TASK TO COMPLETE | Show every line of the data that contains the string "Abort".

════════════════════

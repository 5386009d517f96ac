// This file tests replies to writers that fail: what was written is the beginning of the reply.

use crate::tests::devices::{FAILINGS, Failing, Sink, make_sink};
use crate::tests::replies::{
    Kind, RUN, ServedRow, expect_reply, outcome_of, request_of, row, rows,
};
use ptb_serve::Note;
use std::alloc::{AllocError, Global};
use std::process::Abort;
use std::test::Fail;

// A row is served to a writer that fails at a call; what it took before is the beginning of this
// length.
fn expect_broken_off(
    rt: &impl Abort,
    alloc: Global,
    row: &ServedRow<'_>,
    mut sink: Sink,
    length: usize,
) -> Result<(), AllocError> {
    let request = request_of(alloc, row)?;
    let outcome = outcome_of(alloc, &request, row.program, row.input, &mut sink);
    let due = if length < row.bytes.len() {
        (74, Some(Note::Unwritten))
    } else {
        (row.status, None)
    };
    let bytes = &row.bytes[..length.min(row.bytes.len())];
    expect_reply(rt, (outcome, sink.taken), due, bytes);
    Ok(())
}

// A listing of 16 bytes, the mistakes of a text, 35 bytes, and a table of 42 bytes.
const WRITTEN_IN_PIECES: &[ServedRow<'static>] = rows! {
    (b"20 P.34\n10 P.12\n", b"10 P.12\n20 P.34\n", 0, kind = Kind::List),
    (b"20 GOTO 30\n10 PRINT )\n", b"WHAT?\n10 PRINT ?)\nHOW?\n20 GOTO 30?\n", 1, kind = Kind::Check),
    (b"10 P.#1,RND(2)\n", b"CHANCE 1/2 1 END 1\n1\nCHANCE 1/2 1 END 1\n2\n", 0, kind = Kind::Chances),
};

// What was written of a row by calls of two bytes is its beginning, whichever call fails.
fn expect_pieces(rt: &impl Abort, alloc: Global, row: &ServedRow<'_>) -> Result<(), AllocError> {
    for &failing in FAILINGS {
        for calls in 0..=22 {
            let sink = make_sink(alloc, 2, calls, failing);
            expect_broken_off(rt, alloc, row, sink, 2 * calls)?;
        }
    }
    Ok(())
}

#[test]
fn replies_that_cannot_be_written(rt: HostRuntime) -> Result<(), Fail> {
    for row in WRITTEN_IN_PIECES {
        expect_pieces(&rt, rt.alloc(), row)?;
    }
    Ok(())
}

// A row is served to a writer that takes so many bytes a call and fails at its first call, at its
// second and so on: what it took has these lengths.
fn expect_beginnings(
    rt: &impl Abort,
    alloc: Global,
    row: &ServedRow<'_>,
    failing: Failing,
    piece: usize,
    lengths: &[usize],
) -> Result<(), AllocError> {
    for (calls, length) in lengths.iter().enumerate() {
        let sink = make_sink(alloc, piece, calls, failing);
        expect_broken_off(rt, alloc, row, sink, *length)?;
    }
    Ok(())
}

const BYTE_BY_BYTE: &[usize] = &[0, 1, 2, 3, 4, 5, 6, 7, 8, 9, 10, 11, 12, 13, 14];

// What was written of a transcript is its beginning, whichever call fails. The numbers of bytes are
// those before the first call, before the second, and so on. What INPUT shows is written before it
// asks for a line, and when it is done: the prompt; then the line, WHAT? and the prompt, ten bytes;
// and then the last line.
#[test]
fn runs_that_cannot_be_written(rt: HostRuntime) -> Result<(), Fail> {
    let row = row!(b"10 INPUT A", b"A:)\nWHAT?\nA:5\n", 0, input = b")\n5\n");
    for &failing in FAILINGS {
        expect_beginnings(&rt, rt.alloc(), &row, failing, 1, BYTE_BY_BYTE)?;
        expect_beginnings(&rt, rt.alloc(), &row, failing, 5, &[0, 2, 7, 12, 14])?;
    }
    Ok(())
}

════════════════════

SOLUTION FOR THIS EXERCISE |
use std::process::Abort;
    rt: &impl Abort,
fn expect_pieces(rt: &impl Abort, alloc: Global, row: &ServedRow<'_>) -> Result<(), AllocError> {
    rt: &impl Abort,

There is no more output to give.